#### PROVIDED DATA:
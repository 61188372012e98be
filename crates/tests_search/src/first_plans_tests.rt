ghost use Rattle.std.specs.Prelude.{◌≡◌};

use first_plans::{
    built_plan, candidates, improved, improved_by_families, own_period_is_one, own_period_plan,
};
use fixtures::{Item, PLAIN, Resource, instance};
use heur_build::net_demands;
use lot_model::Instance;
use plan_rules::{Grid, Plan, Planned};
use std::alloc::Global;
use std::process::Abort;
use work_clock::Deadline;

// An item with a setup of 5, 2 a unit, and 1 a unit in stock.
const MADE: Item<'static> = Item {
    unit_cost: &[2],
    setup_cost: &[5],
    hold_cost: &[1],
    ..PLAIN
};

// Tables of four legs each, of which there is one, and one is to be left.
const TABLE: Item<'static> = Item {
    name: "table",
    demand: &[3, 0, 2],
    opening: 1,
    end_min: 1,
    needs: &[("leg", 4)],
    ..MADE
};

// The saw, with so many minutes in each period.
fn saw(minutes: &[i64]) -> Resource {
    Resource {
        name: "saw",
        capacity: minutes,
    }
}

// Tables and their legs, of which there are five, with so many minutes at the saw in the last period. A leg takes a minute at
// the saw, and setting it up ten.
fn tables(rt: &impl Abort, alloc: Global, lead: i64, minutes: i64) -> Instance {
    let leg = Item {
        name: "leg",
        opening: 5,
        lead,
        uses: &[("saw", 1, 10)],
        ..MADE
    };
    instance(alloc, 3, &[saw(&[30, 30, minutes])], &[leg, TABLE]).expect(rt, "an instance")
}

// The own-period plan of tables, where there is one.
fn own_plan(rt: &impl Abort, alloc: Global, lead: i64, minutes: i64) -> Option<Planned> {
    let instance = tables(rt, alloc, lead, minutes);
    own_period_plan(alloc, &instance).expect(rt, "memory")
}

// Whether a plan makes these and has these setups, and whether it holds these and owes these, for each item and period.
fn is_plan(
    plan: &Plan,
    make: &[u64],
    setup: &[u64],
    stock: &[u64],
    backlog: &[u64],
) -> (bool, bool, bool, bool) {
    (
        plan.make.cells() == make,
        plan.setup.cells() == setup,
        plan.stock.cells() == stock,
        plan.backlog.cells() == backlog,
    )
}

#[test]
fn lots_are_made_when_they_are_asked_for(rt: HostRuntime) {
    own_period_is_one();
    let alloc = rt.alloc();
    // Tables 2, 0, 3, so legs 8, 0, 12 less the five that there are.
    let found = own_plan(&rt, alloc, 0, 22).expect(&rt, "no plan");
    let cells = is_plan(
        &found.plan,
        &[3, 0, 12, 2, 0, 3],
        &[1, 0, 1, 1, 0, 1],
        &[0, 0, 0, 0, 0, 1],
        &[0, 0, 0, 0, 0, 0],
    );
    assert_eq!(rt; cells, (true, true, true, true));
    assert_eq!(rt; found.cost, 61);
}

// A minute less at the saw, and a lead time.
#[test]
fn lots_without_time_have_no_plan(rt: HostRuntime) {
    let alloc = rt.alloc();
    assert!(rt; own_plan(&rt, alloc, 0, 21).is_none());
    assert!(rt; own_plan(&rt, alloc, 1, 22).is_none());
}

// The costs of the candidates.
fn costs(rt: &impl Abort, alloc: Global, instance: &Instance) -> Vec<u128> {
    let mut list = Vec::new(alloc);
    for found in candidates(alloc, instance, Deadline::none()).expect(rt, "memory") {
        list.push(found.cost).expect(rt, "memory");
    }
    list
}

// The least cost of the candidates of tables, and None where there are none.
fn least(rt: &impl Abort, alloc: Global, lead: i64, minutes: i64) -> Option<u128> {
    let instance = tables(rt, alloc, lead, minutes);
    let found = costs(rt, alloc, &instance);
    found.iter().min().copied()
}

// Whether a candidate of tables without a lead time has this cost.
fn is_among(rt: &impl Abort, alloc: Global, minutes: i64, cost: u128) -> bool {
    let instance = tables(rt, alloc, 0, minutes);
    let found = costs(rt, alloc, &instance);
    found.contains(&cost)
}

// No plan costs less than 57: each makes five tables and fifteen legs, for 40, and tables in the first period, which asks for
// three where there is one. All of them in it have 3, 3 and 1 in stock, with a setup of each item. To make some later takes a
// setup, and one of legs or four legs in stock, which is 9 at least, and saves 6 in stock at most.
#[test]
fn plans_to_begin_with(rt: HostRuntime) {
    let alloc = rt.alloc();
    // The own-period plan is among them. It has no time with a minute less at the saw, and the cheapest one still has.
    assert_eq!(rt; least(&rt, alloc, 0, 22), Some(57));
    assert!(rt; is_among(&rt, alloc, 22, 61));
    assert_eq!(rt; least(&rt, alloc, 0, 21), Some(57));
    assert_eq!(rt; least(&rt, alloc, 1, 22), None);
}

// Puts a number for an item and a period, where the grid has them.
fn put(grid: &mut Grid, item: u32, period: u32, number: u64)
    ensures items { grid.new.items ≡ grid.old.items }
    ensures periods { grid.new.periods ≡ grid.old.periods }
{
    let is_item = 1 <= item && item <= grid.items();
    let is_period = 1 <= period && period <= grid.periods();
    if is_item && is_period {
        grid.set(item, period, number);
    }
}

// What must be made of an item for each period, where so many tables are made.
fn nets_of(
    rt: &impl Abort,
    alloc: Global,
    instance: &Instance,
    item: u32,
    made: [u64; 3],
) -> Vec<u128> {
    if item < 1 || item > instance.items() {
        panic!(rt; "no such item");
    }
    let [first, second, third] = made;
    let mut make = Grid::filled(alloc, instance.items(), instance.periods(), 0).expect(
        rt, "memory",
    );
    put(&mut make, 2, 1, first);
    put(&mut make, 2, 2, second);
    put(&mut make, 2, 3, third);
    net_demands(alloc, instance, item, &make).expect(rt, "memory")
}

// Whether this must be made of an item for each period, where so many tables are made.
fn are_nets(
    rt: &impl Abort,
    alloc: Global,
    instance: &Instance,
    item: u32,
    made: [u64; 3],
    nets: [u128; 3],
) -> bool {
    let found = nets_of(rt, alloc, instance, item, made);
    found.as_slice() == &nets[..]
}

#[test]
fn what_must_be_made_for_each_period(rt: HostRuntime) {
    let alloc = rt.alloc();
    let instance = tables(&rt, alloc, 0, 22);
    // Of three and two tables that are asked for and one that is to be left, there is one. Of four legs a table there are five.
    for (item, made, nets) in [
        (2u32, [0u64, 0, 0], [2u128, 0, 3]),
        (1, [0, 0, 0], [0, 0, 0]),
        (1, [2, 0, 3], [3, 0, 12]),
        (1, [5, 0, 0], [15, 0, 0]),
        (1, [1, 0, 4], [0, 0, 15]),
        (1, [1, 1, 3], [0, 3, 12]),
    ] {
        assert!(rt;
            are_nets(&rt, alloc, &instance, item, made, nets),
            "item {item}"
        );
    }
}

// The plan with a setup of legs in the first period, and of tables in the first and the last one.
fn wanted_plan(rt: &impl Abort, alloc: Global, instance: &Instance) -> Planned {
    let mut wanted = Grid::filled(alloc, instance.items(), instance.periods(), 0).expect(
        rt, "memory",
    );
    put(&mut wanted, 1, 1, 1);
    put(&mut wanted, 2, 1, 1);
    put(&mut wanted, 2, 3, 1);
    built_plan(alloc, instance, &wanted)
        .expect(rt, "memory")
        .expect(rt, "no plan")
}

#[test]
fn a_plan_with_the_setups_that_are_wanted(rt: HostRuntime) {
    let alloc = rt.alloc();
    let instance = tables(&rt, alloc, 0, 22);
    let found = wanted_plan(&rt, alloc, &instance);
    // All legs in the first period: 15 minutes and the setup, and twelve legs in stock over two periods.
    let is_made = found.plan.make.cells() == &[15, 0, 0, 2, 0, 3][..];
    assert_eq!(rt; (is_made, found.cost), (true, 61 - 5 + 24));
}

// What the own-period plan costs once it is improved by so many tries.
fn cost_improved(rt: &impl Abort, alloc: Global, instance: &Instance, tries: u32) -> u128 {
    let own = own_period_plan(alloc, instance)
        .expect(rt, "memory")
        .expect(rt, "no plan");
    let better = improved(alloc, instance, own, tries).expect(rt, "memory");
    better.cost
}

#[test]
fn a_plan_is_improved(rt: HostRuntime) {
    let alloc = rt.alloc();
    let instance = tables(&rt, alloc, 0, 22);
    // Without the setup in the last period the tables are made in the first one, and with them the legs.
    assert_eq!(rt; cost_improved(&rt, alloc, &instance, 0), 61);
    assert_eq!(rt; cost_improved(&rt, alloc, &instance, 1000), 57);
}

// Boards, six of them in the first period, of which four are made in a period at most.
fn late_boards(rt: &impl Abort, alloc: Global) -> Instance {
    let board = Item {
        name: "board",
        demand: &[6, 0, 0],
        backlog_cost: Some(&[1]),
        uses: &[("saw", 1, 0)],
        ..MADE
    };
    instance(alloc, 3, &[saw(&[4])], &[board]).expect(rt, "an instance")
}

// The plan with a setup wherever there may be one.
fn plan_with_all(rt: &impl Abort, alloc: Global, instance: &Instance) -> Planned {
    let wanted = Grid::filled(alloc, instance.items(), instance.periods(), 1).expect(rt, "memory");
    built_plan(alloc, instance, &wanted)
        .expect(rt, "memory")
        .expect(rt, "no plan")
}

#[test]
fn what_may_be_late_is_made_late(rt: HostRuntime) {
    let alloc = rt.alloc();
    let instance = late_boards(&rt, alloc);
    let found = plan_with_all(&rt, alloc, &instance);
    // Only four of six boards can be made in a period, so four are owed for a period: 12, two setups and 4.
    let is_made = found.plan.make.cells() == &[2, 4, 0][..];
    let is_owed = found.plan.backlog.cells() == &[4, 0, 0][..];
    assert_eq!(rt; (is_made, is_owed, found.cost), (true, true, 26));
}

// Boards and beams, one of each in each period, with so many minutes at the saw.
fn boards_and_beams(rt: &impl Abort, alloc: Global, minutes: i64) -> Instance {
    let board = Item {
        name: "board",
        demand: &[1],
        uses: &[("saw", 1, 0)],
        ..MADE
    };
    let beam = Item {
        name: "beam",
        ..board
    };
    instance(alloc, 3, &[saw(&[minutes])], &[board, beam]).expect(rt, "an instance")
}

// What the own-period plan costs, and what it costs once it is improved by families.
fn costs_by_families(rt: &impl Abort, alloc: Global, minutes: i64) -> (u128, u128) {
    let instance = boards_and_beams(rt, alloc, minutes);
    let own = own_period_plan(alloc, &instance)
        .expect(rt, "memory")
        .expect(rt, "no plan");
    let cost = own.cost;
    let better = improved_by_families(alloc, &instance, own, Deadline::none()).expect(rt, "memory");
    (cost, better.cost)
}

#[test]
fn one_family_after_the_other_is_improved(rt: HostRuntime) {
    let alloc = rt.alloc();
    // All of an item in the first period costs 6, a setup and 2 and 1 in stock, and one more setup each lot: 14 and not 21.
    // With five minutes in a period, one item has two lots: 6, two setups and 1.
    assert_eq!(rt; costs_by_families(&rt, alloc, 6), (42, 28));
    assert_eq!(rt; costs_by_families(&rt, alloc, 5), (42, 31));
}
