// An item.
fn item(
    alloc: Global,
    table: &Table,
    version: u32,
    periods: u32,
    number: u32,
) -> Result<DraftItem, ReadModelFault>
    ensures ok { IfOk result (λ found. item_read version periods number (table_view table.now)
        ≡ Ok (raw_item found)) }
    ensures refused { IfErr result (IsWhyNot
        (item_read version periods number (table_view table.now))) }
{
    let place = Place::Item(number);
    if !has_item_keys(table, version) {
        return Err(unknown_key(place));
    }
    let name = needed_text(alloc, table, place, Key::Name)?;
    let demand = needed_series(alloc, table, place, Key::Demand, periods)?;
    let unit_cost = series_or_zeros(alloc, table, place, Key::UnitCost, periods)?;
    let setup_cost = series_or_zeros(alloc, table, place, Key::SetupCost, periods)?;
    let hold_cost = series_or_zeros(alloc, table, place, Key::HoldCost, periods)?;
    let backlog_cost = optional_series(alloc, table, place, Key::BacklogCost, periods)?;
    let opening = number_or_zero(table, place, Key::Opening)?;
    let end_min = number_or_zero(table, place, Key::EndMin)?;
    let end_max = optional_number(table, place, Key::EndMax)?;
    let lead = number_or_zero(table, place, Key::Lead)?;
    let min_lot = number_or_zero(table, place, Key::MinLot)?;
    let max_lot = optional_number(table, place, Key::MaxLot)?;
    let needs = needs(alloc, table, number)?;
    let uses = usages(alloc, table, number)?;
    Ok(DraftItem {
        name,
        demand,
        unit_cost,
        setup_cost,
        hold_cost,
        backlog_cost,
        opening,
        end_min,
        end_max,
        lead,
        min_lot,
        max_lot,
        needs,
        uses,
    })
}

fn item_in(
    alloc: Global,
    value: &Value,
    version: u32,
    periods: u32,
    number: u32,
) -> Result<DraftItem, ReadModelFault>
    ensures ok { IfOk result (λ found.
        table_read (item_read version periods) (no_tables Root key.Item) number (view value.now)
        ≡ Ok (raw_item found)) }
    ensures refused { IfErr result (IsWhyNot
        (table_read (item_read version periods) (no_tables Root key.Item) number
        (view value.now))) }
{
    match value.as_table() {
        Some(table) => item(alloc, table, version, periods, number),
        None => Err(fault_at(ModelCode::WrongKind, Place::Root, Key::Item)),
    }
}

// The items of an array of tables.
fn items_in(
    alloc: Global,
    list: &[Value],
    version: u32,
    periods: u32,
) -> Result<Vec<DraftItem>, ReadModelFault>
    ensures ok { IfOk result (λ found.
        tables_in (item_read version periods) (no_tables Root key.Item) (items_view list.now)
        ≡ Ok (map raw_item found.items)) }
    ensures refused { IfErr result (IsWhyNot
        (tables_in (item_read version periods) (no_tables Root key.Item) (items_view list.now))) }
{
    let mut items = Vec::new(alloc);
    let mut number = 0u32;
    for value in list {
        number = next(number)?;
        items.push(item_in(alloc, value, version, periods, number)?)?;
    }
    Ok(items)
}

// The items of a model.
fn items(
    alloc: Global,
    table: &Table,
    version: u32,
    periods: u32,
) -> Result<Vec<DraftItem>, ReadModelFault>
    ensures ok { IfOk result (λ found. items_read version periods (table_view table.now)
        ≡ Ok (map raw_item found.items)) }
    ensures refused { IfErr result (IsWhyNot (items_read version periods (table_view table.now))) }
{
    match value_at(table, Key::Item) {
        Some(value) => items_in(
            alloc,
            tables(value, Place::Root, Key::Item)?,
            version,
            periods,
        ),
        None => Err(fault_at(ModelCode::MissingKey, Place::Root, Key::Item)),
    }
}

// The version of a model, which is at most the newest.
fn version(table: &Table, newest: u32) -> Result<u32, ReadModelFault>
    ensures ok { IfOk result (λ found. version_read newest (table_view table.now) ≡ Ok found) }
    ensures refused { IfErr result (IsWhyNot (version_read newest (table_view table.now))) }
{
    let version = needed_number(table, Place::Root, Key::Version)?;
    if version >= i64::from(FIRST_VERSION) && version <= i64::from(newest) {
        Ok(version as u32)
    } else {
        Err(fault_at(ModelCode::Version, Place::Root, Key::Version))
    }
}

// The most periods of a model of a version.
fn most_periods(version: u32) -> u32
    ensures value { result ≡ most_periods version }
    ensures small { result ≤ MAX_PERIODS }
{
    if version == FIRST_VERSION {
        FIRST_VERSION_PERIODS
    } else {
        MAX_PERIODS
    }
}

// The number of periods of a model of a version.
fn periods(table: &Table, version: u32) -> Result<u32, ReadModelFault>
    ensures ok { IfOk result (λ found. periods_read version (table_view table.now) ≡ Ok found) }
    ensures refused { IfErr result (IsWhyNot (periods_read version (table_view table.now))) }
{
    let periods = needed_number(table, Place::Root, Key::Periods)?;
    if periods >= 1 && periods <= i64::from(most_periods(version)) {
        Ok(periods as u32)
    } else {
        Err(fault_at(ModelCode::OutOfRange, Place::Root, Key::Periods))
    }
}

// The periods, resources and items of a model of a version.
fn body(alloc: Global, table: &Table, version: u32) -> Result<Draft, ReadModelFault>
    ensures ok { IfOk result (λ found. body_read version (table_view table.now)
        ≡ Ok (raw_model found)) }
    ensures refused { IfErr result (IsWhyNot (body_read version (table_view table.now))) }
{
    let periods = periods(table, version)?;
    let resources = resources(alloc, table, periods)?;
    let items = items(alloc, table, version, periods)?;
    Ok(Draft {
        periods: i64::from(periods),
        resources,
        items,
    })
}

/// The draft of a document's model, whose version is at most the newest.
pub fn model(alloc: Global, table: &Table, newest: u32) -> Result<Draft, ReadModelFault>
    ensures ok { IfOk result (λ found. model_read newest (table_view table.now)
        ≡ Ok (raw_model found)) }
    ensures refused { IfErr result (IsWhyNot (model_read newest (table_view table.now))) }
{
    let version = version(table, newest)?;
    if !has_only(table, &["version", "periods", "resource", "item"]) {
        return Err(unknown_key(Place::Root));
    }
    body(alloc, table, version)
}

#### PROBLEM TO WORK ON:
The answer must be every line of the records above that holds the word "match".

#### WRITTEN RESPONSE:
    match value.as_table() {
    match value_at(table, Key::Item) {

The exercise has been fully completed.